### Task description
The expected answer is the set of lines in the data below between the line holding "let mut first" and the line holding "gives(&mut first, alloc, None, None)?;", inclusive, written out exactly.

[Saved entries]
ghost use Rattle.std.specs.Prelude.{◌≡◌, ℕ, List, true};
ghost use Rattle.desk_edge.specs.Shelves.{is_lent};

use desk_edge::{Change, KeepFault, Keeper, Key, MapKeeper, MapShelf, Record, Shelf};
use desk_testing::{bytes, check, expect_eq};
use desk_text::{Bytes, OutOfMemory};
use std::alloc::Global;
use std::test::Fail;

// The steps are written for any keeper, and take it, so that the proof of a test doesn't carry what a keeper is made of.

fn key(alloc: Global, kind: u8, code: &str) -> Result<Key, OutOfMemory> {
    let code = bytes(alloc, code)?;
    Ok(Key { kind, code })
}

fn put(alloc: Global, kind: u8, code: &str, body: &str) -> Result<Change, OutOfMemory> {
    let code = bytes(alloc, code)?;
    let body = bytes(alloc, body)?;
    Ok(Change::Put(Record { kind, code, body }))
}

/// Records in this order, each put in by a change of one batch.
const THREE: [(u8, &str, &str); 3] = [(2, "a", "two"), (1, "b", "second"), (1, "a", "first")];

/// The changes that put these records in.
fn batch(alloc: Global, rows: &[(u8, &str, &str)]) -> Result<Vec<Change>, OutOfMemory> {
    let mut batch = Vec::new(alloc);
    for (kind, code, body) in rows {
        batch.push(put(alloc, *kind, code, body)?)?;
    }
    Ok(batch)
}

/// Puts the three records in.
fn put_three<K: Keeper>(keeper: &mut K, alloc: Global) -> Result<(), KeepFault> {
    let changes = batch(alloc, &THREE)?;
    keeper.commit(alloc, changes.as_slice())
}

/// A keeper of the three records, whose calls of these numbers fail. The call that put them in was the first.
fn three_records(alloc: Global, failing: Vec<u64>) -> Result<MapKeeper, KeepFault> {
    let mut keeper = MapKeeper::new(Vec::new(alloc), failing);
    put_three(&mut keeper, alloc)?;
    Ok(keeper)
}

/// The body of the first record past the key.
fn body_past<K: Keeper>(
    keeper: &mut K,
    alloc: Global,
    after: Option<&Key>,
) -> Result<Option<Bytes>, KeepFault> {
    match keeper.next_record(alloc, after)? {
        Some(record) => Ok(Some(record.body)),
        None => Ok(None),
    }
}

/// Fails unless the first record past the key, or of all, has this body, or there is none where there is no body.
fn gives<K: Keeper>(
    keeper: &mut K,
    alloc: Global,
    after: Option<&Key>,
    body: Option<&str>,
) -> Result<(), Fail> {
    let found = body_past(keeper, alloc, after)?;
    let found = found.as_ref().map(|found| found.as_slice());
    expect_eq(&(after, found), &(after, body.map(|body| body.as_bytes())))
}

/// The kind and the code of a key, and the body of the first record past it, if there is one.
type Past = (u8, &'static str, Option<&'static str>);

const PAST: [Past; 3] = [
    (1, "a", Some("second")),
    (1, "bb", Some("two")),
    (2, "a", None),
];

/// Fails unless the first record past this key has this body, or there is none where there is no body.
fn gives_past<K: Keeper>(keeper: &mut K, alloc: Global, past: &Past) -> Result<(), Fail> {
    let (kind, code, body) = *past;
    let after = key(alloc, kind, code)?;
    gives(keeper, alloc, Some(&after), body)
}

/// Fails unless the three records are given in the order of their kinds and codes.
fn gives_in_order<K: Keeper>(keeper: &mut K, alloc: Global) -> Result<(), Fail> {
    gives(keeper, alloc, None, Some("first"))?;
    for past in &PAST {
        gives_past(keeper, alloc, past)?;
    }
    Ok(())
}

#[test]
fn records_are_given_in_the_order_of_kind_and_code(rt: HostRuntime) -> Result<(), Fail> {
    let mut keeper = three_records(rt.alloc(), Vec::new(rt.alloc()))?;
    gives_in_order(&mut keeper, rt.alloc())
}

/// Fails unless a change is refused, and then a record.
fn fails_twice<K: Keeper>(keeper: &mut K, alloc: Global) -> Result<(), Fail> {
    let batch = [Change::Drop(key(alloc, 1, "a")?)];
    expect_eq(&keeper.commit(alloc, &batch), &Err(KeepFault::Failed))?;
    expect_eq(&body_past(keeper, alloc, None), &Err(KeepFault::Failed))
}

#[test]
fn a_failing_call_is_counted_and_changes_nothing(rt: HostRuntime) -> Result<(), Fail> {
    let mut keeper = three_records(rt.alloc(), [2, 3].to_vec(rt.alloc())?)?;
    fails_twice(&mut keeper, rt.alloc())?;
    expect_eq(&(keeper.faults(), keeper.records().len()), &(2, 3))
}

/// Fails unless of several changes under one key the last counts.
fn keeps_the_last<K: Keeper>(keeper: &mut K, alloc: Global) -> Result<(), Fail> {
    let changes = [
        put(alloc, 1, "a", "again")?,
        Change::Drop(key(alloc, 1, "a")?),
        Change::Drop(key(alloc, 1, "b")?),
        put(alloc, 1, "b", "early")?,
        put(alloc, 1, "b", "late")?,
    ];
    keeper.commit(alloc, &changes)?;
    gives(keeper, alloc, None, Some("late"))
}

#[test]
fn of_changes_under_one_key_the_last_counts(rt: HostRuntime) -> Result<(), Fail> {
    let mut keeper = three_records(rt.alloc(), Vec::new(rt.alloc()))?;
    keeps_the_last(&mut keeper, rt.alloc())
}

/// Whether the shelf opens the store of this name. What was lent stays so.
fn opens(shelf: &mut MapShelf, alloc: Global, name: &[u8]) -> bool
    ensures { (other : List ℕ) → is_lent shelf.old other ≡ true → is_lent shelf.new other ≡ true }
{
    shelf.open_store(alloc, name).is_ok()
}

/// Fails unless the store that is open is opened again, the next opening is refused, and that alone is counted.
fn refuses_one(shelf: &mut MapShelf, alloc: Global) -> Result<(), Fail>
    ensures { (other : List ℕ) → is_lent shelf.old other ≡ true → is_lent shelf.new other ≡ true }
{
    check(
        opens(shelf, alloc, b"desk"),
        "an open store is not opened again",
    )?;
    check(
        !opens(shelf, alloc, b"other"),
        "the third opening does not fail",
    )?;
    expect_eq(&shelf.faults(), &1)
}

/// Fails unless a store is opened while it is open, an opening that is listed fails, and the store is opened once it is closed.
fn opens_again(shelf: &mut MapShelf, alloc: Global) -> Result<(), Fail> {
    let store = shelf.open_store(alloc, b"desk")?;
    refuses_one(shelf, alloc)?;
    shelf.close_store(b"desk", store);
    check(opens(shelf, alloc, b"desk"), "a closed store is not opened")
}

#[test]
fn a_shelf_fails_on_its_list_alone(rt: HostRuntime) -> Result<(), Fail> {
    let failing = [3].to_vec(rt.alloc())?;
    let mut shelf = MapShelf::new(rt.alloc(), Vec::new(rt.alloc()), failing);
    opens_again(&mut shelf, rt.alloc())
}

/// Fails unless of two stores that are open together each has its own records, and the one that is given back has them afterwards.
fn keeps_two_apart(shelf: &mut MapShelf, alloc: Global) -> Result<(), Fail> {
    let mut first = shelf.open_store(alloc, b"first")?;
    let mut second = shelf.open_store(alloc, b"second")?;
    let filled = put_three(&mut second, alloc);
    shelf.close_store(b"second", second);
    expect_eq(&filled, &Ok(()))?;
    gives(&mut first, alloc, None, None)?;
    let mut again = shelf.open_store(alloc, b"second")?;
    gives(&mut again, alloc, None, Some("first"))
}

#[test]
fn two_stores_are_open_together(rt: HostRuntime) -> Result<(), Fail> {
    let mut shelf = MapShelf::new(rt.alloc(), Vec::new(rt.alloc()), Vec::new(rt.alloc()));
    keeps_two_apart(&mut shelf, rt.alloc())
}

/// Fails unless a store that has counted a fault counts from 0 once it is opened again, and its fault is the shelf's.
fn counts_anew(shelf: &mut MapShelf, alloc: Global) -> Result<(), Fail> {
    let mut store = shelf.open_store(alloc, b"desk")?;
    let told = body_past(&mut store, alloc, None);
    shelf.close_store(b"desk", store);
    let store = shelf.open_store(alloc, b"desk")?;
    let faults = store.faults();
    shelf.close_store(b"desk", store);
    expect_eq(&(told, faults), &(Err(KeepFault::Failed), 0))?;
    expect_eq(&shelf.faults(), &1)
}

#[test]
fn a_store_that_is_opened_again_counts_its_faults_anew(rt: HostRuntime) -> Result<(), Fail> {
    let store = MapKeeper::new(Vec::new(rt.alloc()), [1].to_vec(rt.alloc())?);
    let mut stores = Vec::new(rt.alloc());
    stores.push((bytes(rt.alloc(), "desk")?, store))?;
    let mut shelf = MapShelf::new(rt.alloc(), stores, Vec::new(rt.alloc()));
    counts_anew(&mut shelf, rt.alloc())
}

### Response below
    let mut first = shelf.open_store(alloc, b"first")?;
    let mut second = shelf.open_store(alloc, b"second")?;
    let filled = put_three(&mut second, alloc);
    shelf.close_store(b"second", second);
    expect_eq(&filled, &Ok(()))?;
    gives(&mut first, alloc, None, None)?;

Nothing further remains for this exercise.